看了一下top 100里的单词,都是小学生就会的,当然,可能英语就是这样的,这不能说明小学生就能读懂哈利,下次有空用别的书来做下对比才能说明问题。但是,这本书里面出现的单词一共有5658个,好像少了点,记得6级的词汇量是8k,GRE的词汇量是多少? 而且,出现频率在10次以上的单词只有983个,总共出现的次数是63428次,粗略看了一下,都是young,ugl,main之类的单词,也就是说你的词汇量只要超过1k,就能读懂80%的内容。简单吧。

接下来看一下由两个词组成的短句,以下是top 10:

of the
284

in the
262

on the
207

to the
170

out of
142

at the
131

he was
125

It was
115

to be
109

he said
105

这个……完全看不出什么意思……我们来继续看由4个词组成的短句,下面是top20:

in front of the
11

out of the way
11

the rest of the
11

the end of the
10

how to get past
9

the back of the
9

the three of them
9

he was going to
8

for the first time
7

turned out to be
7

up and down the
7

as though he was
6

at the end of
6

he said in a
6

out of the window
6

seven hundred and thirteen
6

the back of his
6

up in the air
6

Harry shook his head
5

in front of him
5

4个词出现重复的次数明显少了很多,不过我们看到有11次是有撒东西in front of the撒东西…………请大家注意,the three of them出现了9次,看来这本里面3人组还是经常集体行动的,然后有7次for the first time,不晓得都是谁的……有6次out of the window,毕竟是魔法世界,飞出窗户是很正常的事情,出现6次seven hundred and thirteen,713这个数字这么重要么?看过书的告诉我这是什么东西,密码么?还是生日?然后,居然我们的harry有5次shook his head,而且有5次有什么东西in front of him,当然,也就5次,比九九八十一难少多了。

继续来看7字短语:

for the first time in his life
3

a few words of what they were
2

and his work on alchemy with his
2

be mad ter try an rob it
2

blood and his work on alchemy with
2

caught a few words of what they
2

death is but the next great adventure
2

Dumbledore is particularly famous for his defeat
2

Dunno if he had enough human left
2

enough human left in him to die
2

famous for his defeat of the dark
2

few words of what they were saying
2

for his defeat of the dark wizard
2

for the discovery of the twelve uses
2

had enough human left in him to
2

have a clue what was going on
2

he caught a few words of what
2

he had enough human left in him
2

He was in a very good mood
2

his work on alchemy with his partner
2

基本没有重复的了,这次第一的是for the first time in his life,一共出现3次,阿拉可以大胆猜想一下,这三次可能是初遇,初吻,初夜。
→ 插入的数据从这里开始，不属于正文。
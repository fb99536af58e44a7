//! Calls at station 0, what each must answer, and all that can be seen of a board.

use crate::by_hand::{datum, end, header};
use answers::refusal::Refusal;
use bank::Bank;
use std::array;
use std::process::Abort;

pub(crate) const GEO: u16 = 0x1002;

pub(crate) const STATUS: u16 = 0x100E;

pub(crate) const SOFTWARE_RESET: u16 = 0x1016;

pub(crate) const COUNTER_LOW: u16 = 0x1024;

pub(crate) const COUNTER_HIGH: u16 = 0x1026;

pub(crate) const SKIP: u16 = 0x1028;

/// Read, the mode; written, it sets bits.
pub(crate) const MODE: u16 = 0x1032;

pub(crate) const MODE_CLEAR: u16 = 0x1034;

pub(crate) const CRATE: u16 = 0x103C;

pub(crate) const COUNTER_RESET: u16 = 0x1040;

/// The threshold of tag 0; each next tag's stands 2 further on.
pub(crate) const THRESHOLDS: u16 = 0x1080;

/// Mode bit 1.
pub(crate) const OFFLINE: u16 = 0x0002;

/// Mode bit 2.
pub(crate) const CLEAR_DATA: u16 = 0x0004;

/// Mode bit 3.
pub(crate) const OVER_RANGE: u16 = 0x0008;

/// Mode bit 4.
pub(crate) const LOW_THRESHOLD: u16 = 0x0010;

/// Mode bit 8.
pub(crate) const STEP: u16 = 0x0100;

/// Mode bit 12.
pub(crate) const EMPTY: u16 = 0x1000;

/// Mode bit 14.
pub(crate) const ALL_TRG: u16 = 0x4000;

/// Bit 8 of a threshold.
pub(crate) const KILL: u16 = 0x0100;

/// What stands in a block before anything is written.
pub(crate) const BLANK: u32 = 0xAAAA_AAAA;

/// The answer, a refusal by its number, so that the numbers are tested too.
fn told<T: Copy>(answer: Result<T, Refusal>) -> Result<T, u8> {
    answer.map_err(Refusal::number)
}

/// What a read at a station answers.
pub(crate) fn read_at<B: Bank>(bank: &B, station: usize, offset: u16) -> Result<u16, u8> {
    told(bank.read(station, offset))
}

/// What a write at a station answers.
pub(crate) fn write_at<B: Bank>(
    bank: &mut B,
    station: usize,
    offset: u16,
    value: u16,
) -> Result<(), u8> {
    told(bank.write(station, offset, value))
}

/// What a gate at a station answers: how many readings were kept, or none where it stored no event.
pub(crate) fn gate_at<B: Bank>(
    bank: &mut B,
    station: usize,
    signal: u8,
    readings: &[u16],
) -> Result<Option<u8>, u8> {
    told(bank.gate(station, signal, readings))
}

/// What a station answers to waiting.
pub(crate) fn waiting_at<B: Bank>(bank: &B, station: usize) -> Result<usize, u8> {
    told(bank.waiting(station))
}

/// What a draw at a station answers.
pub(crate) fn draw_at<B: Bank>(
    bank: &mut B,
    station: usize,
    block: &mut [u32],
) -> Result<usize, u8> {
    told(bank.draw(station, block))
}

/// The register shows the value, or the read is refused by a number.
pub(crate) fn reads<B: Bank>(rt: &impl Abort, bank: &B, offset: u16, expected: Result<u16, u8>) {
    assert_eq!(rt; read_at(bank, 0, offset), expected, "read {offset:#x}");
}

/// The write is accepted.
pub(crate) fn writes<B: Bank>(rt: &impl Abort, bank: &mut B, offset: u16, value: u16) {
    assert_eq!(rt;
        write_at(bank, 0, offset, value),
        Ok(()),
        "write {offset:#x} {value:#x}"
    );
}

/// The thresholds of all tags kill.
pub(crate) fn kills_all<B: Bank>(rt: &impl Abort, bank: &mut B) {
    for tag in 0..32 {
        writes(rt, bank, THRESHOLDS + 2 * tag, KILL);
    }
}

/// The write is refused by this number, and changes nothing that can be seen.
pub(crate) fn refuses<B: Bank>(rt: &impl Abort, bank: &mut B, offset: u16, value: u16, number: u8) {
    let before = Seen::of(bank);
    assert_eq!(rt;
        write_at(bank, 0, offset, value),
        Err(number),
        "write {offset:#x} {value:#x}"
    );
    assert_eq!(rt; Seen::of(bank), before, "write {offset:#x} {value:#x}");
}

/// The gate is accepted or refused so.
pub(crate) fn gates<B: Bank>(
    rt: &impl Abort,
    bank: &mut B,
    signal: u8,
    readings: &[u16],
    expected: Result<Option<u8>, u8>,
) {
    assert_eq!(rt;
        gate_at(bank, 0, signal, readings),
        expected,
        "signal {signal}, readings {readings:?}"
    );
}

/// So many events wait.
pub(crate) fn waits<B: Bank>(rt: &impl Abort, bank: &B, expected: usize) {
    assert_eq!(rt; waiting_at(bank, 0), Ok(expected));
}

/// The event counter, which two registers show.
pub(crate) fn counts<B: Bank>(rt: &impl Abort, bank: &B, expected: u32) {
    reads(rt, bank, COUNTER_LOW, Ok((expected % 65536) as u16));
    reads(rt, bank, COUNTER_HIGH, Ok((expected / 65536) as u16));
}

/// The draw answers so; the block, blank before, holds the words at its front and is blank behind them.
pub(crate) fn draws_into<B: Bank>(
    rt: &impl Abort,
    bank: &mut B,
    block: &mut [u32],
    expected: Result<usize, u8>,
    words: &[u32],
) {
    // Looked at here too: a private module of another crate's tests is not seen from this one.
    block.fill(BLANK);
    assert_eq!(rt; draw_at(bank, 0, block), expected);
    for (i, word) in block.iter().enumerate() {
        assert_eq!(rt; *word, words.get(i).copied().unwrap_or(BLANK), "word {i}");
    }
}

/// These are the words of the first event that waits, and it waits no more.
pub(crate) fn draws<B: Bank>(rt: &impl Abort, bank: &mut B, words: &[u32]) {
    draws_into(rt, bank, &mut [0; 34], Ok(words.len()), words);
}

/// The first event that waits is of GEO 31 and crate 0, with this number, and tags 5 and 9 have these counts.
pub(crate) fn draws_pair<B: Bank>(
    rt: &impl Abort,
    bank: &mut B,
    [first, second]: [u16; 2],
    number: u32,
) {
    draws(
        rt,
        bank,
        &[
            header(31, 0, 2),
            datum(31, 5, first),
            datum(31, 9, second),
            end(31, number),
        ],
    );
}

/// No event waits to be drawn.
pub(crate) fn draws_nothing<B: Bank>(rt: &impl Abort, bank: &mut B) {
    waits(rt, bank, 0);
    draws_into(rt, bank, &mut [0; 34], Err(26), &[]);
}

/// What waiting and every register that can be read answer.
#[derive(Clone, Copy, PartialEq, Debug)]
pub(crate) struct Seen {
    waiting: Result<usize, u8>,
    registers: [Result<u16, u8>; 6],
    thresholds: [Result<u16, u8>; 32],
}

impl Seen {
    pub(crate) fn of<B: Bank>(bank: &B) -> Seen {
        Seen {
            waiting: waiting_at(bank, 0),
            registers: [GEO, STATUS, COUNTER_LOW, COUNTER_HIGH, MODE, CRATE].map(|offset| read_at(
                bank, 0, offset,
            )),
            thresholds: array::from_fn(|tag| read_at(bank, 0, THRESHOLDS + 2 * tag as u16)),
        }
    }
}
当然,阿拉还是知道哈利的初吻在第一本里没有被夺去,上述纯属yy。上表中his work on alchemy with出现的次数蛮多的,看到这里,阿拉可以大胆猜测一下剧情:someone do his work on alchemy with his partner, to defeat the dark wizard.而我们的小哈利会有三次遇到前所未有的困难……当然, 也仅限如此,发觉做到这里我还是没能抓到这本书的中心意思。

于是我做了最后一次尝试,15字的句子:

was too high to make out and a magnificent marble staircase facing them led to
1

swished and flicked but the feather they were supposed to be sending skyward just lay
1

the edge of a huge chessboard behind the black chessmen which were all taller than
1

house wandering around and thinking about the end of the holidays where he could see
1

that were floating in midair over four long tables where the rest of the students
1

all about the four balls and the positions of the seven players describing famous games
1

When they say every flavor they mean every flavor  you know you get all
1

I was down in the village havin a few drinks an got into a game
1

Dumbledore when we met him in the entrance hall  he already knew  he
1

it grew wider and wider  a second later they were facing an archway
1

发觉没有重复的了……而且句子太零散,要从中拼凑出主要意思还是不可能的事情,今天的尝试以失败告终……当然,阿拉还可以再做些改进,比如在搜索2字短语的时候剔除那些a the之类的字,或者直接搜索每段的第一句话,或者让我去研究一下text mining的书,看看有撒好的算法,不过今天太晚了,到此为止……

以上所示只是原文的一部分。